WHAT THE TASK REQUIRES - Report only the number of lines in the following entries where the word "ColumnRange" occurs.
BEGIN AVAILABLE DATA
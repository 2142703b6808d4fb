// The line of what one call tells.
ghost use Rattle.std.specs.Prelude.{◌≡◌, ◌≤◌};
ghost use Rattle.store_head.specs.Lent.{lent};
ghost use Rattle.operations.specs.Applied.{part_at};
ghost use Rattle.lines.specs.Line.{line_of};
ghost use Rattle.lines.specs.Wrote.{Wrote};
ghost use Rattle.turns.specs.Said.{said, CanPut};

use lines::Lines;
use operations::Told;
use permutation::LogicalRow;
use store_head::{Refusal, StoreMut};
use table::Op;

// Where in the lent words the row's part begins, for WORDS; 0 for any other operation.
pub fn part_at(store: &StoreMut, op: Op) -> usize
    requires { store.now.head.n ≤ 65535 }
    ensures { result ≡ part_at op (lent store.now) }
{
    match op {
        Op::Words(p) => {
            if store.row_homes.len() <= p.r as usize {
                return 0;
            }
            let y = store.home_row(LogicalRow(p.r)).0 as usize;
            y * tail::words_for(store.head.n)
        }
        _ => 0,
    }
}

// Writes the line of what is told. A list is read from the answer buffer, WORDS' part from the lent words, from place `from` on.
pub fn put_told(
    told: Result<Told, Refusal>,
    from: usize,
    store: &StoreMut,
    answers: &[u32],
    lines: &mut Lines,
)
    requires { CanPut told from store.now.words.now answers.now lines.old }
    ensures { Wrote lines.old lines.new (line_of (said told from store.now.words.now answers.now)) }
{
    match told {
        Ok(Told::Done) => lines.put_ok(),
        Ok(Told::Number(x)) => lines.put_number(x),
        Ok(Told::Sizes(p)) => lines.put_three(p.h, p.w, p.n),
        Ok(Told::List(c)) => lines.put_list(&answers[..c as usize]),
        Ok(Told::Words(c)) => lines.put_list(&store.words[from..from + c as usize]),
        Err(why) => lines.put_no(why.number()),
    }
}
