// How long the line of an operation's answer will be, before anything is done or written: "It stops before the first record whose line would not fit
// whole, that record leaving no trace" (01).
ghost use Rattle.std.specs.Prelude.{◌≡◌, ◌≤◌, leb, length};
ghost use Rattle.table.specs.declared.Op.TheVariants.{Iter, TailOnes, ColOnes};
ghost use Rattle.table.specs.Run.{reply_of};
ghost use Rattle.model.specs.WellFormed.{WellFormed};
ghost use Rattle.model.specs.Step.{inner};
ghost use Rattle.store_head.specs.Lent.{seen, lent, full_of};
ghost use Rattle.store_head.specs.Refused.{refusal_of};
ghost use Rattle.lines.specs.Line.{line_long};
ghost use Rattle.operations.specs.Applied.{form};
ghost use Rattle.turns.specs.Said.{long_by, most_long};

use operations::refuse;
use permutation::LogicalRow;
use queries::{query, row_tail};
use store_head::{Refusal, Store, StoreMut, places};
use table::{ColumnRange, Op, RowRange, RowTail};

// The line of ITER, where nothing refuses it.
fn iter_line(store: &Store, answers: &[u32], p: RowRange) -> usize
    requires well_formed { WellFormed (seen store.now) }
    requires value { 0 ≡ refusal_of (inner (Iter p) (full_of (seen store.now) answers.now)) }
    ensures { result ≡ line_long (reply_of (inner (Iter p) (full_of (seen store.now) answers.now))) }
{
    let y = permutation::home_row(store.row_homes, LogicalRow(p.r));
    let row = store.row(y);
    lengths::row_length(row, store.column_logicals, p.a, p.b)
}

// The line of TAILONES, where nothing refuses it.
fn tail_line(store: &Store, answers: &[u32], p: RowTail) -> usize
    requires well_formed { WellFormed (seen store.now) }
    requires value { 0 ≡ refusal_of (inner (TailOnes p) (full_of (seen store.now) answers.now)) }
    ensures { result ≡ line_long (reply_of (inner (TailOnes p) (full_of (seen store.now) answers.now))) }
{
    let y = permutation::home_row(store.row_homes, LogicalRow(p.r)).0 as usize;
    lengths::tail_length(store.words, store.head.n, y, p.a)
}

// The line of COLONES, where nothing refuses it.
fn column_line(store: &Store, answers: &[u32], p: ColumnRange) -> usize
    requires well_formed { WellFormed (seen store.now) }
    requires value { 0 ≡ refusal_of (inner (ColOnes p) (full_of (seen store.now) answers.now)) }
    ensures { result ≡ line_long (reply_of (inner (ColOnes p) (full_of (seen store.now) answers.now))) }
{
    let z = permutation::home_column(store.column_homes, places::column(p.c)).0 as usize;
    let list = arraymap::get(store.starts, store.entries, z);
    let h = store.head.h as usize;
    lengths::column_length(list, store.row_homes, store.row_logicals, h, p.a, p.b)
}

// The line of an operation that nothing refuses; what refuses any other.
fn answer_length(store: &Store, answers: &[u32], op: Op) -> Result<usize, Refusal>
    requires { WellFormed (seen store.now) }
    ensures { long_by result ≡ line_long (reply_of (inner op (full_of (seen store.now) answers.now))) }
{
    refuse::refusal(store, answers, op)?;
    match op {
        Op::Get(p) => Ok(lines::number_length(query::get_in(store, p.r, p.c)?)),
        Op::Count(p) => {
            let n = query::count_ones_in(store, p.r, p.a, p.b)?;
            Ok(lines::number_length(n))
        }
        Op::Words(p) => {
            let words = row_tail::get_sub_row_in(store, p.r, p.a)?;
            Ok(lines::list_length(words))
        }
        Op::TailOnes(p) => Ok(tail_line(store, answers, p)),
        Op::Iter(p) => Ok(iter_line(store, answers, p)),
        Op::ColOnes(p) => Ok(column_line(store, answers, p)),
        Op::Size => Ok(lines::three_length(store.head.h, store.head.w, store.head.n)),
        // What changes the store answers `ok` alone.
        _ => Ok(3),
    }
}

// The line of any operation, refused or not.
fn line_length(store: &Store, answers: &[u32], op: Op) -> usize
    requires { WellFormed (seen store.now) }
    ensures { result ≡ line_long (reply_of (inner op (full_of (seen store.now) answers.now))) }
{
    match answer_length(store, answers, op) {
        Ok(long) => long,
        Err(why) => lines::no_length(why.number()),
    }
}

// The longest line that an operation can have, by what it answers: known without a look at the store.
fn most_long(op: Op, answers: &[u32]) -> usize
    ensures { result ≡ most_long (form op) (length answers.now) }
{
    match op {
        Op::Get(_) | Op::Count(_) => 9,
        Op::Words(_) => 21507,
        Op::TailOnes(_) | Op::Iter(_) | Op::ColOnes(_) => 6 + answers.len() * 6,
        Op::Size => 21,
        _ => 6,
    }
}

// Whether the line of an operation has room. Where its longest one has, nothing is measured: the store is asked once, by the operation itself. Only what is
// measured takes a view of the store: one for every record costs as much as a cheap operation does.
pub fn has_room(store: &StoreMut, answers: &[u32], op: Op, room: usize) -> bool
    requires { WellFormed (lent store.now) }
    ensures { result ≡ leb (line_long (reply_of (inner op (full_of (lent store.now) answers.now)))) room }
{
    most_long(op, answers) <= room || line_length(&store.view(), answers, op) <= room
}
END AVAILABLE DATA
BEGIN AVAILABLE DATA
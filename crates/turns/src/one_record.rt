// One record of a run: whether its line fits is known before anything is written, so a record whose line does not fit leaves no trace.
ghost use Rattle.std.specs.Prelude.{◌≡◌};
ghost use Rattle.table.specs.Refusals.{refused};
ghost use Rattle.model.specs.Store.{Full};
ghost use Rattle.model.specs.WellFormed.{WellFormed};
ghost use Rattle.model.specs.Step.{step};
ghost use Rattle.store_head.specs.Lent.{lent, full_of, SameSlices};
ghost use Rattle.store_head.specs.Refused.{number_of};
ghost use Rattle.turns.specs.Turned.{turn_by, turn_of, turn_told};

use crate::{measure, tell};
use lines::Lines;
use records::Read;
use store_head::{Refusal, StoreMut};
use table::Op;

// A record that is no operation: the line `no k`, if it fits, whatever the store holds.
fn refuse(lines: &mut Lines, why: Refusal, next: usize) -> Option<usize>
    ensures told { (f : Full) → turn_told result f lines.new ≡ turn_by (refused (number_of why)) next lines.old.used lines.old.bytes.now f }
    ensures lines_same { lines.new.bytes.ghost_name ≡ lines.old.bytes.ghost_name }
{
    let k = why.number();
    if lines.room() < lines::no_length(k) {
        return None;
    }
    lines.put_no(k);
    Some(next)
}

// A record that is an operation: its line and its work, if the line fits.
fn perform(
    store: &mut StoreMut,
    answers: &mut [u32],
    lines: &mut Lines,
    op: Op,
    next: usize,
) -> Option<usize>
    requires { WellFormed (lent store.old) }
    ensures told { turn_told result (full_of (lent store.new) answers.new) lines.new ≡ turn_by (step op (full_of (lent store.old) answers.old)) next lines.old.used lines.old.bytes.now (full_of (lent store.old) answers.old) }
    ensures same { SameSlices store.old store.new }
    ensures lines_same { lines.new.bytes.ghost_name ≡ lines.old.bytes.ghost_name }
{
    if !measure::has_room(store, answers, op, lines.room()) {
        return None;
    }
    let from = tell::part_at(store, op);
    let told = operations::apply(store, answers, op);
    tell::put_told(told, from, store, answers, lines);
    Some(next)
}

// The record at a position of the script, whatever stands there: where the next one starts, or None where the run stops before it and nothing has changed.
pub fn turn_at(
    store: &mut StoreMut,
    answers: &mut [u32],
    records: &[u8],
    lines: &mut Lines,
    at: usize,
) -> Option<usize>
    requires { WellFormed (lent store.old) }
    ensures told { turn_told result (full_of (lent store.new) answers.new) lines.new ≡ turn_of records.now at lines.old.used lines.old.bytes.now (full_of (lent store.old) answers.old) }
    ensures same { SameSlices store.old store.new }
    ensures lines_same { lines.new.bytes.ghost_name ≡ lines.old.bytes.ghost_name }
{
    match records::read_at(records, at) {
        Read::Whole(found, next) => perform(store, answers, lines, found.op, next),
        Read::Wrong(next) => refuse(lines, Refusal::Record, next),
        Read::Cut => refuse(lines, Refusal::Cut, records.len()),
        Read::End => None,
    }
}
END AVAILABLE DATA
SOLUTION TO THIS TASK - 2